[GOAL OF THE EXERCISE]
Transcribe all records, preserving every character.

········

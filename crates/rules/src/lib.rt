// Rule lists (document 01, "Rule, header and table records"): what is wrong with one, and which rule a header finds in it.
//
//   test_rules  the tests of a rule list, which every call on one makes first
//   find_rule   the first rule that matches a header
//
// A list is the rules' 21-byte records, one after the other. Any bytes may come; a RuleList is one that has passed the tests.
#![tactic(auto)]

mod faults;
mod finding;
mod lists;

pub use faults::{Field, ListFault, test_rules};
pub use finding::{FindError, Found, find_rule};
pub use lists::RuleList;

········

[ANSWER TO THIS PROBLEM]
filename crates/rules/src/lib.rt
// Rule lists (document 01, "Rule, header and table records"): what is wrong with one, and which rule a header finds in it.
//
//   test_rules  the tests of a rule list, which every call on one makes first
//   find_rule   the first rule that matches a header
//
// A list is the rules' 21-byte records, one after the other. Any bytes may come; a RuleList is one that has passed the tests.
#![tactic(auto)]

mod faults;
mod finding;
mod lists;

pub use faults::{Field, ListFault, test_rules};
pub use finding::{FindError, Found, find_rule};
pub use lists::RuleList;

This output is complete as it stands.